#### Problem statement
Retype all of the entries precisely.

#### Saved entries
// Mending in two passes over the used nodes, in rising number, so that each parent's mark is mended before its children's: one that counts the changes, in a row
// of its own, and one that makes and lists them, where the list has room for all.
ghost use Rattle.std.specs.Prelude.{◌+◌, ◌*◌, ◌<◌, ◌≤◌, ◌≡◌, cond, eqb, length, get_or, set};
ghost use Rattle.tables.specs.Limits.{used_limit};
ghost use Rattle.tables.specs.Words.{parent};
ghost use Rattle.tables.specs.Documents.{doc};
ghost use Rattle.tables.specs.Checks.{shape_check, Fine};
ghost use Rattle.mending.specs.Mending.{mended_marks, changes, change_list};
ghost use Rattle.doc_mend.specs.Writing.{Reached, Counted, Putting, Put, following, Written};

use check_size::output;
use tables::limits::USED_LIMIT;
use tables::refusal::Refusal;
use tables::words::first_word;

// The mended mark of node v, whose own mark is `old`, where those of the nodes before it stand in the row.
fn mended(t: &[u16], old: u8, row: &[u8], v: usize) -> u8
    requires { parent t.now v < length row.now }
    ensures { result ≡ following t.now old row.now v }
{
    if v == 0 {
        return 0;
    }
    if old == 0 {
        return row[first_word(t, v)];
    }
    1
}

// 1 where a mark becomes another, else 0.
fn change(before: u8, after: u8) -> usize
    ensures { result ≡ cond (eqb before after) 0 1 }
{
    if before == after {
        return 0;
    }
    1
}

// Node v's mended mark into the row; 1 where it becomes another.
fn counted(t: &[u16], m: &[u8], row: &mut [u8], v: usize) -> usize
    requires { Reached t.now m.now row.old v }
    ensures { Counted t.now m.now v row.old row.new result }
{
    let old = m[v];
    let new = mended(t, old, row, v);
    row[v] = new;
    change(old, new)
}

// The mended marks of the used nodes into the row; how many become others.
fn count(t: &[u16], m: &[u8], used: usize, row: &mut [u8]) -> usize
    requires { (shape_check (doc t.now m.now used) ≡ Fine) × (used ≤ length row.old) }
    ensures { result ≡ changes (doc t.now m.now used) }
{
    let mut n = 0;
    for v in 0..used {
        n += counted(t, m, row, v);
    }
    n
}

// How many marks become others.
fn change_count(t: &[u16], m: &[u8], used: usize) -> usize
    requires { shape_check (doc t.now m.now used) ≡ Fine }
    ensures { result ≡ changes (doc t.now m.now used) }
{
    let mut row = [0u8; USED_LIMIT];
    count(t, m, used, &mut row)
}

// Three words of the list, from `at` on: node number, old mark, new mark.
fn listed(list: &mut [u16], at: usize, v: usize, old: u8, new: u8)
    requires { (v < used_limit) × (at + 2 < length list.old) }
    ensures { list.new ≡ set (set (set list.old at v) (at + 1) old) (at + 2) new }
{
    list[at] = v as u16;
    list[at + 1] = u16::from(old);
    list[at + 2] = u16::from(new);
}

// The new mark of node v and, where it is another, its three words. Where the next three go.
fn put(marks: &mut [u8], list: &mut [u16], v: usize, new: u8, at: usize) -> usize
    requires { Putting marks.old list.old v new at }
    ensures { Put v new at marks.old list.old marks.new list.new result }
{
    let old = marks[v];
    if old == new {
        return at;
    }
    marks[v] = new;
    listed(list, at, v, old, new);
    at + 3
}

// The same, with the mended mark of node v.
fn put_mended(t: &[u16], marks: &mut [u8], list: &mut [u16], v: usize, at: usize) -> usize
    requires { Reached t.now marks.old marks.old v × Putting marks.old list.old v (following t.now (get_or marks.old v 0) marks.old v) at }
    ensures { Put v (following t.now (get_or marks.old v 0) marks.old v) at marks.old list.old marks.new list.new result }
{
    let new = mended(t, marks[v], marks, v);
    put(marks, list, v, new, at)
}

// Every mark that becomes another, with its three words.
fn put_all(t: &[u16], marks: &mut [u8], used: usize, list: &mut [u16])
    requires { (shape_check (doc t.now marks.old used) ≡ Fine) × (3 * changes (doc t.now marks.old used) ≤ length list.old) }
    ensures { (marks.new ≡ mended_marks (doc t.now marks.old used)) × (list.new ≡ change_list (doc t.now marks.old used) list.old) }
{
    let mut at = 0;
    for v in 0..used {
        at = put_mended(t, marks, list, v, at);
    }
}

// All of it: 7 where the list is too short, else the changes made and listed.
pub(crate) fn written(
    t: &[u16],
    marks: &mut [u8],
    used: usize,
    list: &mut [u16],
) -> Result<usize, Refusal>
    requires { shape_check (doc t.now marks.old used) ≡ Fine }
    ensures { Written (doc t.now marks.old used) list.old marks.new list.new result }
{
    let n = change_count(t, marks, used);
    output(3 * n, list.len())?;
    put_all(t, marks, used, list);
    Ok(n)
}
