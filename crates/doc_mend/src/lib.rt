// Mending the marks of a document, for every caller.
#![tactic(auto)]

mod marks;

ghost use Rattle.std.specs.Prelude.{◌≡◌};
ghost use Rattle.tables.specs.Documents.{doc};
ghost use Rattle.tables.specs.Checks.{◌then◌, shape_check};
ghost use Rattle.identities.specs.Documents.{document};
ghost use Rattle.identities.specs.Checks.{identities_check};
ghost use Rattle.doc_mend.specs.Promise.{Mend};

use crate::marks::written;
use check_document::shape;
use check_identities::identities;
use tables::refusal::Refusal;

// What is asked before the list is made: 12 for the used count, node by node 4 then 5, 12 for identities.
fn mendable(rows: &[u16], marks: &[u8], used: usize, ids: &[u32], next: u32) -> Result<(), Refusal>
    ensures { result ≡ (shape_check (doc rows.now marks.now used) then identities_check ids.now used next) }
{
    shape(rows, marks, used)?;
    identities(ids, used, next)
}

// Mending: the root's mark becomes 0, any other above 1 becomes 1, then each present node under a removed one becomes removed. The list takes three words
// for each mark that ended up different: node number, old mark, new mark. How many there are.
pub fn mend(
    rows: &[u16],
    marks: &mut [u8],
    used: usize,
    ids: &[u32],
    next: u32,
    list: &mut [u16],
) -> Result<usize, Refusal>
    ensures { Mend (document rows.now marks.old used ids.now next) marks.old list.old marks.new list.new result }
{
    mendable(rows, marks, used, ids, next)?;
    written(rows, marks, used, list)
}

#### Finished exercise
// Mending in two passes over the used nodes, in rising number, so that each parent's mark is mended before its children's: one that counts the changes, in a row
// of its own, and one that makes and lists them, where the list has room for all.
ghost use Rattle.std.specs.Prelude.{◌+◌, ◌*◌, ◌<◌, ◌≤◌, ◌≡◌, cond, eqb, length, get_or, set};
ghost use Rattle.tables.specs.Limits.{used_limit};
ghost use Rattle.tables.specs.Words.{parent};
ghost use Rattle.tables.specs.Documents.{doc};
ghost use Rattle.tables.specs.Checks.{shape_check, Fine};
ghost use Rattle.mending.specs.Mending.{mended_marks, changes, change_list};
ghost use Rattle.doc_mend.specs.Writing.{Reached, Counted, Putting, Put, following, Written};

use check_size::output;
use tables::limits::USED_LIMIT;
use tables::refusal::Refusal;
use tables::words::first_word;

// The mended mark of node v, whose own mark is `old`, where those of the nodes before it stand in the row.
fn mended(t: &[u16], old: u8, row: &[u8], v: usize) -> u8
    requires { parent t.now v < length row.now }
    ensures { result ≡ following t.now old row.now v }
{
    if v == 0 {
        return 0;
    }
    if old == 0 {
        return row[first_word(t, v)];
    }
    1
}

// 1 where a mark becomes another, else 0.
fn change(before: u8, after: u8) -> usize
    ensures { result ≡ cond (eqb before after) 0 1 }
{
    if before == after {
        return 0;
    }
    1
}

// Node v's mended mark into the row; 1 where it becomes another.
fn counted(t: &[u16], m: &[u8], row: &mut [u8], v: usize) -> usize
    requires { Reached t.now m.now row.old v }
    ensures { Counted t.now m.now v row.old row.new result }
{
    let old = m[v];
    let new = mended(t, old, row, v);
    row[v] = new;
    change(old, new)
}

// The mended marks of the used nodes into the row; how many become others.
fn count(t: &[u16], m: &[u8], used: usize, row: &mut [u8]) -> usize
    requires { (shape_check (doc t.now m.now used) ≡ Fine) × (used ≤ length row.old) }
    ensures { result ≡ changes (doc t.now m.now used) }
{
    let mut n = 0;
    for v in 0..used {
        n += counted(t, m, row, v);
    }
    n
}

// How many marks become others.
fn change_count(t: &[u16], m: &[u8], used: usize) -> usize
    requires { shape_check (doc t.now m.now used) ≡ Fine }
    ensures { result ≡ changes (doc t.now m.now used) }
{
    let mut row = [0u8; USED_LIMIT];
    count(t, m, used, &mut row)
}

// Three words of the list, from `at` on: node number, old mark, new mark.
fn listed(list: &mut [u16], at: usize, v: usize, old: u8, new: u8)
    requires { (v < used_limit) × (at + 2 < length list.old) }
    ensures { list.new ≡ set (set (set list.old at v) (at + 1) old) (at + 2) new }
{
    list[at] = v as u16;
    list[at + 1] = u16::from(old);
    list[at + 2] = u16::from(new);
}

// The new mark of node v and, where it is another, its three words. Where the next three go.
fn put(marks: &mut [u8], list: &mut [u16], v: usize, new: u8, at: usize) -> usize
    requires { Putting marks.old list.old v new at }
    ensures { Put v new at marks.old list.old marks.new list.new result }
{
    let old = marks[v];
    if old == new {
        return at;
    }
    marks[v] = new;
    listed(list, at, v, old, new);
    at + 3
}

// The same, with the mended mark of node v.
fn put_mended(t: &[u16], marks: &mut [u8], list: &mut [u16], v: usize, at: usize) -> usize
    requires { Reached t.now marks.old marks.old v × Putting marks.old list.old v (following t.now (get_or marks.old v 0) marks.old v) at }
    ensures { Put v (following t.now (get_or marks.old v 0) marks.old v) at marks.old list.old marks.new list.new result }
{
    let new = mended(t, marks[v], marks, v);
    put(marks, list, v, new, at)
}

// Every mark that becomes another, with its three words.
fn put_all(t: &[u16], marks: &mut [u8], used: usize, list: &mut [u16])
    requires { (shape_check (doc t.now marks.old used) ≡ Fine) × (3 * changes (doc t.now marks.old used) ≤ length list.old) }
    ensures { (marks.new ≡ mended_marks (doc t.now marks.old used)) × (list.new ≡ change_list (doc t.now marks.old used) list.old) }
{
    let mut at = 0;
    for v in 0..used {
        at = put_mended(t, marks, list, v, at);
    }
}

// All of it: 7 where the list is too short, else the changes made and listed.
pub(crate) fn written(
    t: &[u16],
    marks: &mut [u8],
    used: usize,
    list: &mut [u16],
) -> Result<usize, Refusal>
    requires { shape_check (doc t.now marks.old used) ≡ Fine }
    ensures { Written (doc t.now marks.old used) list.old marks.new list.new result }
{
    let n = change_count(t, marks, used);
    output(3 * n, list.len())?;
    put_all(t, marks, used, list);
    Ok(n)
}
filename crates/doc_mend/src/lib.rt
// Mending the marks of a document, for every caller.
#![tactic(auto)]

mod marks;

ghost use Rattle.std.specs.Prelude.{◌≡◌};
ghost use Rattle.tables.specs.Documents.{doc};
ghost use Rattle.tables.specs.Checks.{◌then◌, shape_check};
ghost use Rattle.identities.specs.Documents.{document};
ghost use Rattle.identities.specs.Checks.{identities_check};
ghost use Rattle.doc_mend.specs.Promise.{Mend};

use crate::marks::written;
use check_document::shape;
use check_identities::identities;
use tables::refusal::Refusal;

// What is asked before the list is made: 12 for the used count, node by node 4 then 5, 12 for identities.
fn mendable(rows: &[u16], marks: &[u8], used: usize, ids: &[u32], next: u32) -> Result<(), Refusal>
    ensures { result ≡ (shape_check (doc rows.now marks.now used) then identities_check ids.now used next) }
{
    shape(rows, marks, used)?;
    identities(ids, used, next)
}

// Mending: the root's mark becomes 0, any other above 1 becomes 1, then each present node under a removed one becomes removed. The list takes three words
// for each mark that ended up different: node number, old mark, new mark. How many there are.
pub fn mend(
    rows: &[u16],
    marks: &mut [u8],
    used: usize,
    ids: &[u32],
    next: u32,
    list: &mut [u16],
) -> Result<usize, Refusal>
    ensures { Mend (document rows.now marks.old used ids.now next) marks.old list.old marks.new list.new result }
{
    mendable(rows, marks, used, ids, next)?;
    written(rows, marks, used, list)
}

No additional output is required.